His suspension, lawsuit threat and why Nollywood’s loose-cannon structure may be the real story

In late November 2025, the film industry in Nigeria got shaken hard. Taye Arimoro, a working actor, was slapped with an indefinite ban from all productions by the trio of industry heavyweights: Actors Guild of Nigeria (AGN), Directors Guild of Nigeria (DGN), and Association of Movie Producers (AMP). They held him responsible for a set-clash during the filming of the movie Pieces of Love. Reports say he allegedly assaulted a production manager and a driver, then went live on social media with what the guilds called a “misleading” video that tried to drag producer/actress Peggy Ovire into the mess.
The pronouncement came fast. According to the joint verdict, Arimoro was guilty until proven otherwise. The guilds demanded a public apology, a corrective video clarifying the events, and a supervised return to set to finish his outstanding scenes.

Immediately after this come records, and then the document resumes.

// The rows whose list holds a byte at X and Y in one of a few blocks. X and Y say at once which row could have it among its own bytes, and
// which one character could have it as a slice, so one look at a row answers for all the blocks.
ghost use Rattle.std.specs.Prelude.{◌≡◌, true, ◌&&◌, ◌+◌, ◌<◌, ◌≤◌, eqb, length};
ghost use Rattle.address.specs.Triples.{on_page};
ghost use Rattle.address.specs.Rows.{row_y};
ghost use Rattle.page.specs.HowCodes.{Has};
ghost use Rattle.page.specs.Marks.{marked_too};
ghost use Rattle.marking.specs.HowMarked.{falls_to, in_group, some_on_list};
ghost use Rattle.asking.specs.HowAsked.{tall_at, keyed_at};
ghost use Rattle.keys.specs.HowKeys.{AllFitted, row_at, some_code_block, keys_high};

use address::place::block;
use address::row::row_y;
use asking::row::{has_character, has_keyed, has_tall, near_has};
use board::Part;
use keys::key::{Keys, is_source, keys_of, some_code_block};
use keys::own::row_at;
use shown::page::Page;

// The row that has the byte among its own, and those below it down to the first without a cell of double height.
fn reach(marks: &mut [bool; 25], part: Part, memory: &[u8], z: u8, yor: u8, row: u8)
    requires { Has memory.now z 1 × (row < 25) }
    ensures { marks.new ≡ marked_too (falls_to (λ r. tall_at part memory.now z (row_y yor r)) row) marks.old }
{
    let own = row as usize;
    marks[own] = true;
    for r in own + 1..25 {
        if !has_tall(part, memory, z, row_y(yor, r as u8)) {
            return;
        }
        marks[r] = true;
    }
}

// The row that has a byte at Y in one of the blocks among its own. No row above it or below it is asked.
fn own_row(marks: &mut [bool; 25], z: u8, yor: u8, y: u8, blocks: [u8; 3])
    ensures { marks.new ≡ marked_too (λ r. eqb r (row_at yor y) && some_code_block z blocks) marks.old }
{
    let r = row_at(yor, y) as usize;
    marks[r] |= some_code_block(z, blocks);
}

// The rows that read a byte at Y in one of the blocks as one of their own, or of a row above.
fn own_marks(
    marks: &mut [bool; 25],
    part: Part,
    memory: &[u8],
    z: u8,
    yor: u8,
    y: u8,
    blocks: [u8; 3],
)
    requires { Has memory.now z 1 }
    ensures { marks.new ≡ marked_too (λ r. some_code_block z blocks && falls_to (λ i. tall_at part memory.now z (row_y yor i)) (row_at yor y) r) marks.old }
{
    if some_code_block(z, blocks) {
        reach(marks, part, memory, z, yor, row_at(yor, y));
    }
}

// The rows with a Y and the next that the keys fit. (A loop over the Ys, of which each row's number is worked out.)
fn group_marks(marks: &mut [bool; 25], memory: &[u8], z: u8, yor: u8, first: u8, keys: Keys)
    requires { Has memory.now z 0 × Has memory.now z 1 × (8 ≤ first) × (first < 31) × (keys_high keys ≡ true) }
    ensures { marks.new ≡ marked_too (λ r. in_group first (first + 2) (row_y yor r) && keyed_at keys memory.now z (row_y yor r)) marks.old }
{
    for y in first..first + 2 {
        let r = row_at(yor, y) as usize;
        let marked = marks[r];
        marks[r] = marked || has_keyed(memory, z, y, keys);
    }
}

// The service row, if the keys fit it. Its mark is looked at last, since most often it does not have the character.
fn service_marks(marks: &mut [bool; 25], memory: &[u8], z: u8, keys: Keys)
    requires { Has memory.now z 0 × Has memory.now z 1 × (keys_high keys ≡ true) }
    ensures { marks.new ≡ marked_too (λ r. eqb r 0 && keyed_at keys memory.now z 0) marks.old }
{
    if has_character(memory, z, 0, keys.character) {
        marks[0] = marks[0] || has_keyed(memory, z, 0, keys);
    }
}

// The rows that the keys fit, by Y: two rows of which neither has the character are left by one look at both. The service row, at Y 0, is asked
// by itself, since no row follows on it.
fn slice_marks(marks: &mut [bool; 25], memory: &[u8], z: u8, yor: u8, keys: Keys)
    requires { Has memory.now z 0 × Has memory.now z 1 × (keys_high keys ≡ true) }
    ensures { marks.new ≡ marked_too (λ r. keyed_at keys memory.now z (row_y yor r)) marks.old }
{
    service_marks(marks, memory, z, keys);
    for g in 0u8..12 {
        let y = 8 + 2 * g;
        if near_has(memory, z, y, keys.character) {
            group_marks(marks, memory, z, yor, y, keys);
        }
    }
}

// The rows whose list holds a byte at X and Y in one of the blocks; 255 is none. In 80 columns a list is the row's own bytes. So it is where the page's second
// block is not fitted: every B is 0 there, and no cell is of double height, of a user set or quadrichrome.
pub fn list_marks(marks: &mut [bool; 25], page: &Page, x: u8, y: u8, blocks: [u8; 3])
    requires { (on_page x y ≡ true) × AllFitted page.now.shown.blocks blocks }
    ensures { marks.new ≡ marked_too (some_on_list page.now.shown page.now.memory.now x y blocks) marks.old }
{
    let shown = page.shown;
    let yor = shown.yor();
    let z = shown.first_block();
    let eighty = shown.is_eighty();
    if eighty || shown.blocks <= block(z, 1) {
        own_row(marks, z, yor, y, blocks);
        return;
    }
    let part = shown.part;
    own_marks(marks, part, page.memory, z, yor, y, blocks);
    let keys = keys_of(shown, x, y, blocks);
    if is_source(keys) {
        slice_marks(marks, page.memory, z, yor, keys);
    }
}
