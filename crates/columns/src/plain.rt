// Cells of a ROM set, of single height and width: most cells of a page of text. Each line shows the slice of its own
// number.
ghost use Rattle.std.specs.Prelude.{◌≡◌};
ghost use Rattle.columns.specs.HowTens.{is_plain};

pub fn is_plain(b: u8) -> bool
    ensures { result ≡ is_plain b }
{
    (b < 128) & ((b / 2 % 2 == 0) & (b / 8 % 2 == 0))
}
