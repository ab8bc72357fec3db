// What a store marks: the reading list, asked the other way round.
#![tactic(auto)]

pub mod list;
pub mod span;
pub mod store;
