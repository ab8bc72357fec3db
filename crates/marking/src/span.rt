// What the stores of one position of a move mark: one, two or three bytes at a triple and in the blocks after its own, which differ in the block
// alone.
ghost use Rattle.std.specs.Prelude.{◌≡◌, true, ℕ, ◌+◌, ◌*◌, ◌<◌, ◌≤◌, length, take};
ghost use Rattle.basics.specs.Choice.{pick};
ghost use Rattle.address.specs.Triples.{legal_in};
ghost use Rattle.address.specs.Places.{place_of, block_at};
ghost use Rattle.reading.specs.Marks.{stores_marks, code_stores};
ghost use Rattle.marking.specs.HowMarked.{changed_block};

use crate::store::{changed_block, marks_after};
use address::place::block;
use address::triple::Triple;
use shown::page::Page;

// The block of a byte that is one of them, where it changes, and else 255.
fn changed_if(asked: bool, page: &Page, at: usize, z: u8, value: u8) -> u8
    requires { (at < 1024) × (asked ≡ true → z < page.now.shown.blocks) }
    ensures { (result ≡ pick asked (changed_block page.now.memory.now (1024 * z + at) z value) 255) × (asked ≡ true → z < 255) }
{
    if asked {
        return changed_block(page, at, z, value);
    }
    255
}

// The marks after the first bytes of C, B and A are stored; the stores themselves come after. One look at a row answers for all.
pub fn span_marks(
    marks: [bool; 25],
    page: &Page,
    at: Triple,
    here: usize,
    bytes: u8,
    c: u8,
    b: u8,
    a: u8,
) -> [bool; 25]
    requires { (here ≡ place_of at.x at.y 0) × (1 ≤ bytes) × (bytes ≤ 3)
        × ((k : ℕ) → k < bytes → legal_in page.now.shown.blocks (block_at at k) ≡ true) }
    ensures { result ≡ stores_marks page.now.shown page.now.memory.now (take bytes (code_stores at c b a)) marks }
{
    let blocks = [
        changed_block(page, here, block(at.z, 0), c),
        changed_if(1 < bytes, page, here, block(at.z, 1), b),
        changed_if(2 < bytes, page, here, block(at.z, 2), a),
    ];
    marks_after(marks, page, at.x, at.y, blocks)
}
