//! Timed loads that are still to come. Laws alone, each the contract of an empty function.

ghost use Rattle.std.specs.Prelude.{◌≡◌, ◌≤◌, ℕ, suc, List, ◌++◌, length, Some};
ghost use Rattle.bus_base.specs.declared.samples.Pair.{Pair};
ghost use Rattle.bus_formats.specs.Plans.{PlanData, TerminalData};
ghost use Rattle.bus_model.specs.Control.{OutsideTake};
ghost use Rattle.bus_model.specs.Hearing.{Hearing};
ghost use Rattle.bus_model.specs.Memory.{TimedLoad};
ghost use Rattle.bus_model.specs.Orders.{Taken};
ghost use Rattle.bus_model.specs.Terminal.{took_now};
ghost use Rattle.bus_model.specs.World.{trace, run_is_over};
ghost use Rattle.bus_model.specs.WorldLog.{attempts};
ghost use Rattle.bus_law_loads.specs.Later.{AreFrom};

/// Blocks that are put up for sending in tick t or later change nothing up to the end of tick t: what the stations drive and the channels show, which
/// attempts end, and whether the run is over.
pub fn later_loads_change_nothing()
    ensures trace { (k : ℕ) (plan : PlanData) (loads later : List TimedLoad) (outside : List OutsideTake) (absent : List ℕ) (t n : ℕ) →
        AreFrom t later → n ≤ suc t → trace k plan (loads ++ later) outside absent n ≡ trace k plan loads outside absent n }
    ensures attempts { (k : ℕ) (plan : PlanData) (loads later : List TimedLoad) (outside : List OutsideTake) (absent : List ℕ) (t : ℕ) (past : List Pair) →
        AreFrom t later → length past ≤ suc t → attempts k plan (loads ++ later) outside absent past ≡ attempts k plan loads outside absent past }
    ensures over { (k : ℕ) (plan : PlanData) (loads later : List TimedLoad) (outside : List OutsideTake) (absent : List ℕ) (t n : ℕ) →
        AreFrom t later → n ≤ suc t → run_is_over k plan (loads ++ later) outside absent n ≡ run_is_over k plan loads outside absent n }
{}

/// A block that a terminal takes has words: a command that a block follows asks for 1 to 32 of them (MIL-STD-1553B 4.3.3.5.1.5).
pub fn a_block_that_is_taken_has_words()
    ensures { (k : ℕ) (terminal : TerminalData) (loads : List TimedLoad) (hearing : Hearing) (taken : Taken) →
        took_now k terminal loads hearing ≡ Some taken → 1 ≤ length taken.words }
{}
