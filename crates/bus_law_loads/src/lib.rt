//! Blocks that are handed on from one bus to another. Laws alone, each the contract of an empty function, over the definitions alone.
//! Proved: a bus in its first ticks is the same whatever is put up later; and a block that is handed on has words.
#![tactic(auto)]

pub mod loads;

pub use loads::{a_block_that_is_taken_has_words, later_loads_change_nothing};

But Arimoro is not backing down. His camp fired back with a blistering letter. His lawyers argued that the three guilds had no business sanctioning him. He is not a registered member of any of them, so under their own constitutions, they lack jurisdiction. The disciplinary process, his team insists, was void from the beginning, misnaming him “Taiye Ayimoro,” giving no fair hearing, no shared evidence, and violating his constitutional right to freedom of association.
In dramatic fashion, the actor has threatened a ₦1 billion lawsuit if the guilds do not publicly retract their decision and apologize within 24 hours.
This isn’t just about a fight on set. It is a glaring expose of how loosely organized Nollywood remains, compared to, say, Hollywood, where unions and associations like the Screen Actors Guild‑American Federation of Television and Radio Artists (SAG-AFTRA) or the Writers Guild of America (WGA) deliver structure, due process, and member protections.
The fact that someone like Arimoro can be suspended by organizations he never signed up with shows how murky the power framework in Nollywood really is. Many younger actors and filmmakers treat these guilds as optional, unofficial at best. That leaves a vacuum where disciplinary actions can feel arbitrary, unpredictable, controversially—unconstitutional.
Taye’s experience is teaching us that talent alone does not shield you from the pitfalls of an industry without standardized rules or clear enforcement mechanisms. You need clarity on membership, transparency in discipline, and above all, rights. If Nollywood keeps going in circles over every on-set spat, it may end up losing good actors or better still, painful public lawsuits.
At a time when Nigerian cinema is aiming for global standards, this drama is a loud wake up call. Without structure, protection, and fairness, what we gain in quantity we risk losing in credibility.